His own development was polished through trial and error. Early in his career, he attacked witnesses aggressively. Watching jurors recoil taught him to change.
“I saw them wince,” he said. “I realized I needed to be more surgical.” Instead of force, he learned precision. “Instead of using a machete, you use a scalpel,” he said.
He adjusted his tone, his pacing, even his physical distance from jurors. “If you speak more quietly, the jury leans forward,” he said. “They hang on every word.” Law partner Cosme Caballero recounts how Blumberg and Steven Deutsch went to great
lengths to teach him and Beau Blumberg—a fellow partner at the firm and Edward Blumberg’s son—advanced trial skills. “They took us to trial and had us participating in the trials from day one. We were also encouraged to develop our own unique personal styles,” Caballero said. The firm’s partners proudly noted that they have become top-tier jury trial lawyers.
The Habits That Still Matter
For all the changes in law and practice, Blumberg’s advice to younger lawyers starts with something simpler: how they treat people. “Before ‘civility’ was a buzzword, it was just manners,” he said. As a young lawyer, he was shocked by the hostility of opposing counsel.
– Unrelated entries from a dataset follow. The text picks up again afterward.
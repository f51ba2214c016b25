ghost use Rattle.std.specs.Prelude.{◌≡◌, ◌&&◌, ◌||◌, not, false, IfOk, IsTrue};
ghost use Rattle.taco_unit.specs.declared.expr.Op.TheVariants as op;
ghost use Rattle.heap_core.specs.declared.value.Seen.{Seen};
ghost use Rattle.heap_core.specs.Outcomes.{as_flag, opposite, with_value};
ghost use Rattle.heap_core.specs.Eval.{binary};
ghost use Rattle.heap_core.specs.Posed.{Posed};
ghost use Rattle.rel_core.specs.Reading.{Reading};
ghost use Rattle.rel_core.specs.Meaning.{holds};
ghost use Rattle.rel_core.specs.Uses.{Kinds, is_sorted};
ghost use Rattle.clause_terms.specs.Terms.{IsSortedTerm, IsSortedTruth, Judges, Tells};

use crate::after::where_holds;
use crate::copies::formula_copy;
use crate::term::{Shape, Term, Truth};
use no_memory::NoMemory;
use rel_core::Formula;
use sqlite_items::Boxed;
use std::alloc::Global;

/// Where an evaluation gives a truth value, and where it stays within the scopes.
#[derive(Drop)]
struct Ends {
    fine: Boxed<Formula>,
    inside: Boxed<Formula>,
}

/// No truth value: where a value was given, it is none.
fn no_truth(alloc: Global, fine: Boxed<Formula>, inside: Boxed<Formula>) -> Result<Truth, NoMemory>
    ensures fine { IfOk result (λ r. (m : Reading) → holds r.fine m ≡ false) }
    ensures inside { IfOk result (λ r. (m : Reading) → holds r.inside m ≡ (holds inside m && not (holds fine m))) }
    ensures sorted { IfOk result (λ r. (p : Posed) (kinds : Kinds) → IsTrue (is_sorted p kinds fine) → IsTrue (is_sorted p kinds inside) → IsSortedTruth p kinds r) }
{
    let none = Formula::not(alloc, fine)?;
    let inside = Formula::both(alloc, inside, none)?;
    let fine = Formula::constant(alloc, false)?;
    let value = Formula::constant(alloc, false)?;
    Ok(Truth {
        value,
        fine,
        inside,
    })
}

/// The right operand counts where the left one is given and the formula `when` holds.
fn lazy(alloc: Global, left: Ends, when: &Boxed<Formula>, right: Ends) -> Result<Ends, NoMemory>
    ensures fine { IfOk result (λ r. (m : Reading) → holds r.fine m ≡ (holds left.fine m && (not (holds when.now m) || holds right.fine m))) }
    ensures inside { IfOk result (λ r. (m : Reading) → holds r.inside m ≡ (holds left.inside m && (not (holds left.fine m) || (not (holds when.now m) || holds right.inside m)))) }
    ensures sorted { IfOk result (λ r. (p : Posed) (kinds : Kinds) → IsTrue (is_sorted p kinds left.fine) → IsTrue (is_sorted p kinds left.inside) → IsTrue (is_sorted p kinds when.now)
        → IsTrue (is_sorted p kinds right.fine) → IsTrue (is_sorted p kinds right.inside) → IsTrue (is_sorted p kinds r.fine) × IsTrue (is_sorted p kinds r.inside)) }
{
    let Ends { fine, inside } = left;
    let Ends {
        fine: right_fine,
        inside: right_inside,
    } = right;
    let reached = where_holds(alloc, when, right_inside)?;
    let stays = where_holds(alloc, &fine, reached)?;
    let inside = Formula::both(alloc, inside, stays)?;
    let given = where_holds(alloc, when, right_fine)?;
    let fine = Formula::both(alloc, fine, given)?;
    Ok(Ends { fine, inside })
}

impl Truth {
    /// The outcome taken as a truth value: a value that is none leaves the scopes.
    pub fn of(alloc: Global, term: Term) -> Result<Truth, NoMemory>
        ensures told { IfOk result (λ r. (m : Reading) (x : Seen) → Tells x term m → Judges x r m) }
        ensures sorted { IfOk result (λ r. (p : Posed) (kinds : Kinds) → IsSortedTerm p kinds term → IsSortedTruth p kinds r) }
    {
        let Term {
            value,
            fine,
            inside,
        } = term;
        match value {
            Shape::Truth(value) => Ok(Truth {
                value,
                fine,
                inside,
            }),
            Shape::Set(_) => {
                let none = no_truth(alloc, fine, inside)?;
                Ok(none)
            }
            Shape::Number(_) => {
                let none = no_truth(alloc, fine, inside)?;
                Ok(none)
            }
        }
    }

    /// The truth value as an outcome.
    pub fn term(self) -> Term
        ensures told { (m : Reading) (x : Seen) → Judges x self m → Tells (as_flag x) result m }
        ensures sorted { (p : Posed) (kinds : Kinds) → IsSortedTruth p kinds self → IsSortedTerm p kinds result }
    {
        let Truth {
            value,
            fine,
            inside,
        } = self;
        Term {
            value: Shape::Truth(value),
            fine,
            inside,
        }
    }

    /// The opposite truth value.
    pub fn opposite(alloc: Global, operand: Truth) -> Result<Truth, NoMemory>
        ensures told { IfOk result (λ r. (m : Reading) (x : Seen) → Judges x operand m → Judges (with_value x opposite) r m) }
        ensures sorted { IfOk result (λ r. (p : Posed) (kinds : Kinds) → IsSortedTruth p kinds operand → IsSortedTruth p kinds r) }
    {
        let Truth {
            value,
            fine,
            inside,
        } = operand;
        let value = Formula::not(alloc, value)?;
        Ok(Truth {
            value,
            fine,
            inside,
        })
    }

    /// `left && right`, which looks at the right operand where the left one is true.
    pub fn conjunction(alloc: Global, left: Truth, right: Truth) -> Result<Truth, NoMemory>
        ensures told { IfOk result (λ r. (m : Reading) (x y : Seen) → Judges x left m → Judges y right m → Judges (binary op.And m.ints x y) r m) }
        ensures sorted { IfOk result (λ r. (p : Posed) (kinds : Kinds) → IsSortedTruth p kinds left → IsSortedTruth p kinds right → IsSortedTruth p kinds r) }
    {
        let Truth {
            value,
            fine,
            inside,
        } = left;
        let Truth {
            value: right_value,
            fine: right_fine,
            inside: right_inside,
        } = right;
        let left = Ends { fine, inside };
        let right = Ends {
            fine: right_fine,
            inside: right_inside,
        };
        let ends = lazy(alloc, left, &value, right)?;
        let both = Formula::both(alloc, value, right_value)?;
        let Ends { fine, inside } = ends;
        Ok(Truth {
            value: both,
            fine,
            inside,
        })
    }

    /// `left || right`, which looks at the right operand where the left one is false.
    pub fn disjunction(alloc: Global, left: Truth, right: Truth) -> Result<Truth, NoMemory>
        ensures told { IfOk result (λ r. (m : Reading) (x y : Seen) → Judges x left m → Judges y right m → Judges (binary op.Or m.ints x y) r m) }
        ensures sorted { IfOk result (λ r. (p : Posed) (kinds : Kinds) → IsSortedTruth p kinds left → IsSortedTruth p kinds right → IsSortedTruth p kinds r) }
    {
        let Truth {
            value,
            fine,
            inside,
        } = left;
        let Truth {
            value: right_value,
            fine: right_fine,
            inside: right_inside,
        } = right;
        let left = Ends { fine, inside };
        let right = Ends {
            fine: right_fine,
            inside: right_inside,
        };
        let copied = formula_copy(alloc, &value)?;
        let when = Formula::not(alloc, copied)?;
        let ends = lazy(alloc, left, &when, right)?;
        let either = Formula::either(alloc, value, right_value)?;
        let Ends { fine, inside } = ends;
        Ok(Truth {
            value: either,
            fine,
            inside,
        })
    }

    /// `left ==> right`, which looks at the right operand where the left one is true.
    pub fn implication(alloc: Global, left: Truth, right: Truth) -> Result<Truth, NoMemory>
        ensures told { IfOk result (λ r. (m : Reading) (x y : Seen) → Judges x left m → Judges y right m → Judges (binary op.Implies m.ints x y) r m) }
        ensures sorted { IfOk result (λ r. (p : Posed) (kinds : Kinds) → IsSortedTruth p kinds left → IsSortedTruth p kinds right → IsSortedTruth p kinds r) }
    {
        let Truth {
            value,
            fine,
            inside,
        } = left;
        let Truth {
            value: right_value,
            fine: right_fine,
            inside: right_inside,
        } = right;
        let left = Ends { fine, inside };
        let right = Ends {
            fine: right_fine,
            inside: right_inside,
        };
        let ends = lazy(alloc, left, &value, right)?;
        let implied = Formula::implies(alloc, value, right_value)?;
        let Ends { fine, inside } = ends;
        Ok(Truth {
            value: implied,
            fine,
            inside,
        })
    }
}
Senior lawyers told him not to engage. “Take the high road,” they said. He did—and still does. “your word has to be your bond,” Blumberg said. “A good reputation takes years to build. It takes a moment to lose.”
Why Bar Work Still Matters
Blumberg has spent decades in bar leadership, from the Florida Bar to national roles, and remains a strong advocate for lawyer involvement. “Bar work is critically important,” he said. With fewer in-person hearings and less organic interaction, he worries younger lawyers are missing opportunities to learn from others and
build referral networks. “you’re not meeting people the way you used to,” he said. “you’re not learning by watching.” His own practice, he noted, has long relied
on referrals from other lawyers. “But how is one going to meet those lawyers?” he asked. The firm has encouraged Caballero and the younger Blumberg to participate in organized Bar work and has watched as both have chaired standing
committees of the Florida Bar.
Still Learning
Despite decades of experience and recognition— including listings in Best Lawyers in America and Florida Super Lawyers—Blumberg insists he is still evolving. “I’m learning every day,” he said. “I’m just now starting to feel like I know what I’m doing. Just when I think I’ve seen it all, something new pops up. To me, the practice is exciting and invigorating and I wouldn’t change things for the world.” He also rejects the idea of slowing down. “Working up and trying cases is a joy,” he said. “If you like
what you’re doing, why would you want to stop?” For Blumberg, the answer is clear. The law isn’t just a profession. It’s a responsibility—and a calling he’s not going to give up. “For me,” Blumberg said, “the best is yet to come.”